#### [Activity]
Instruction for the entries that follow: retype exactly the lines from the line with "if size == 0" to the line with "filename crates/layers/src/higher.rt", both included, and omit all others.

#### [Records]
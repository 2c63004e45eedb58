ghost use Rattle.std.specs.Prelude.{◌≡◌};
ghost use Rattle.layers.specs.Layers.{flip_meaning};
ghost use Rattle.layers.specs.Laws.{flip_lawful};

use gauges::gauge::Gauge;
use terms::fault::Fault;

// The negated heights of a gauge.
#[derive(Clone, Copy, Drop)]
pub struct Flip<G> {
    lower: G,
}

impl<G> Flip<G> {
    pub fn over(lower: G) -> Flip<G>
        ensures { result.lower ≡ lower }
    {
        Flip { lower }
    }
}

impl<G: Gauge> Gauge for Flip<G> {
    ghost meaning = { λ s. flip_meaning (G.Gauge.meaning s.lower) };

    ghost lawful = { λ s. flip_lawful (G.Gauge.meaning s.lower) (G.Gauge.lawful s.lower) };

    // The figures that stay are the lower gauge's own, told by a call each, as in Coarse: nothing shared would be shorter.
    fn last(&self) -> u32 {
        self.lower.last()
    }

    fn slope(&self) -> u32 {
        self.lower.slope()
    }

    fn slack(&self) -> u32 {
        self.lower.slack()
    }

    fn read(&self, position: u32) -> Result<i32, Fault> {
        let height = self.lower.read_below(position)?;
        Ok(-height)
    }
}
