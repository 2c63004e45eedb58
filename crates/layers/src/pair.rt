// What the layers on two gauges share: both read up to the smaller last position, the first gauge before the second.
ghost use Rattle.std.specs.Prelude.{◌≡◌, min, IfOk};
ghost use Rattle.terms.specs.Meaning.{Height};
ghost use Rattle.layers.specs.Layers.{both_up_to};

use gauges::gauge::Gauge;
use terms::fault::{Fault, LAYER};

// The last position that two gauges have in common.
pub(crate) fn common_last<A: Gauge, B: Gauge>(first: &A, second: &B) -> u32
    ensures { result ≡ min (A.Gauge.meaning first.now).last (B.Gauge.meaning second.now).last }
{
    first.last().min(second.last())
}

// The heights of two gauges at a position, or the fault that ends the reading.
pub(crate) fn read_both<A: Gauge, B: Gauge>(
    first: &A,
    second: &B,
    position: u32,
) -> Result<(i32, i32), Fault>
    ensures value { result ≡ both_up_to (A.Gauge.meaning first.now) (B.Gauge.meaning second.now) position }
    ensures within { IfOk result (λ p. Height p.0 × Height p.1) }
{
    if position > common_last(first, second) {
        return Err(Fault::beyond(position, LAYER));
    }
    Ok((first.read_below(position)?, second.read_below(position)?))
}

--

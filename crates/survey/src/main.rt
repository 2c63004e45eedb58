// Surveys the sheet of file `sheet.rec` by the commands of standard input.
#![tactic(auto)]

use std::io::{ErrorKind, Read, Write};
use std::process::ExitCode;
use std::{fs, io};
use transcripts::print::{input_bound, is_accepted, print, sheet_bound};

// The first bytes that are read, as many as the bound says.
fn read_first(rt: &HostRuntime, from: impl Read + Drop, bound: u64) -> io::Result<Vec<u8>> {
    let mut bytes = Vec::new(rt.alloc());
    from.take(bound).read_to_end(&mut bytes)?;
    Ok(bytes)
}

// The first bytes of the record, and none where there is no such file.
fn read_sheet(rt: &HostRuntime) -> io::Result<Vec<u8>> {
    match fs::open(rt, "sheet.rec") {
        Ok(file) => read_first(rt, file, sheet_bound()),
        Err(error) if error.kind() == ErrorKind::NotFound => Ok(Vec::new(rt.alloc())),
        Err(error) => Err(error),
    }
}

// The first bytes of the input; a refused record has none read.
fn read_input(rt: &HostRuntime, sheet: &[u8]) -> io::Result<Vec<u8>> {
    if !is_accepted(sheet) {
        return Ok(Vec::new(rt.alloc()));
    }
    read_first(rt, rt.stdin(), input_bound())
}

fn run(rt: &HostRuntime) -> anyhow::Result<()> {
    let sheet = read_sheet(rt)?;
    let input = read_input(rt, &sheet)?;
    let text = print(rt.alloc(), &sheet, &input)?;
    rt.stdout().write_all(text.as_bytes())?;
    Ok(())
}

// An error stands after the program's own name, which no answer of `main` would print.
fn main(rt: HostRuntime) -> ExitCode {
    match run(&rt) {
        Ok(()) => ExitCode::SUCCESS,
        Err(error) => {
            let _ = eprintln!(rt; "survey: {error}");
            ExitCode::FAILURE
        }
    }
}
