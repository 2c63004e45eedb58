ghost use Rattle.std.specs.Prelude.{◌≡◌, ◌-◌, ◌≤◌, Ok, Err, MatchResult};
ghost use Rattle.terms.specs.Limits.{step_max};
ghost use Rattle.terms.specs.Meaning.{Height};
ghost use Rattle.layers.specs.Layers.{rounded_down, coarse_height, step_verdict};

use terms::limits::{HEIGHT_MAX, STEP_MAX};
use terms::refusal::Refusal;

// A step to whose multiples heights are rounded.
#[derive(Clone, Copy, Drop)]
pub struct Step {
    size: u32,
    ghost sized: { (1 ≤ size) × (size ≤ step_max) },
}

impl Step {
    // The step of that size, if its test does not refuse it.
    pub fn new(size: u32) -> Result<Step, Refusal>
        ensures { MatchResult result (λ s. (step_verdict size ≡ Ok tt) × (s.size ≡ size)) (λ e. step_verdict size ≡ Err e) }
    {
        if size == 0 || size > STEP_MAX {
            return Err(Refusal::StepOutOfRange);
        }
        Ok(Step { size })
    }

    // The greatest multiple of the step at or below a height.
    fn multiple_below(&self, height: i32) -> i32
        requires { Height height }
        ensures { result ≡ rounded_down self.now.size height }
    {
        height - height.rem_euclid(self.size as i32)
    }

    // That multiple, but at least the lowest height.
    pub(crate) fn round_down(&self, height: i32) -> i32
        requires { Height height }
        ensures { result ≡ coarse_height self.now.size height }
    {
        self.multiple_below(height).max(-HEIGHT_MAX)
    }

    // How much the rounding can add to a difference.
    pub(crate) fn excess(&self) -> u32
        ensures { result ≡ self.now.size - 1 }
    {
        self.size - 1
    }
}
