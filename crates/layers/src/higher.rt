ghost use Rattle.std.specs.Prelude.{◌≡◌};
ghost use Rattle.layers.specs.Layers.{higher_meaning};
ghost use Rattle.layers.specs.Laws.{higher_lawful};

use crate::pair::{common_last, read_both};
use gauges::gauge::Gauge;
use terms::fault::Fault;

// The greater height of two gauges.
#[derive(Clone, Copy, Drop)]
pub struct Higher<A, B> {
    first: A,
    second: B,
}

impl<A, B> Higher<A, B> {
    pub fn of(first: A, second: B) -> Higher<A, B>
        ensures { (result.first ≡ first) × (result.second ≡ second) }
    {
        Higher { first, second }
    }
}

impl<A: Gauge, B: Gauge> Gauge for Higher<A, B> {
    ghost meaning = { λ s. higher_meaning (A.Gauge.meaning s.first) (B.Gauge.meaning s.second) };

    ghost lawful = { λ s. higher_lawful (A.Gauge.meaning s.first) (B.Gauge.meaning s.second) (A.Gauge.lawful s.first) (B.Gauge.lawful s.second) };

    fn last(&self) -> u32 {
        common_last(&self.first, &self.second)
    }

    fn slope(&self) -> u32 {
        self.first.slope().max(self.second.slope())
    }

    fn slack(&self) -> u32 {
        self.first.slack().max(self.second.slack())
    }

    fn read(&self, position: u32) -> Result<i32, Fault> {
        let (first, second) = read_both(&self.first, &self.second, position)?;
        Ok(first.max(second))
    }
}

#### [Result]
        if size == 0 || size > STEP_MAX {
            return Err(Refusal::StepOutOfRange);
        }
        Ok(Step { size })
    }

    // The greatest multiple of the step at or below a height.
    fn multiple_below(&self, height: i32) -> i32
        requires { Height height }
        ensures { result ≡ rounded_down self.now.size height }
    {
        height - height.rem_euclid(self.size as i32)
    }

    // That multiple, but at least the lowest height.
    pub(crate) fn round_down(&self, height: i32) -> i32
        requires { Height height }
        ensures { result ≡ coarse_height self.now.size height }
    {
        self.multiple_below(height).max(-HEIGHT_MAX)
    }

    // How much the rounding can add to a difference.
    pub(crate) fn excess(&self) -> u32
        ensures { result ≡ self.now.size - 1 }
    {
        self.size - 1
    }
}
filename crates/layers/src/higher.rt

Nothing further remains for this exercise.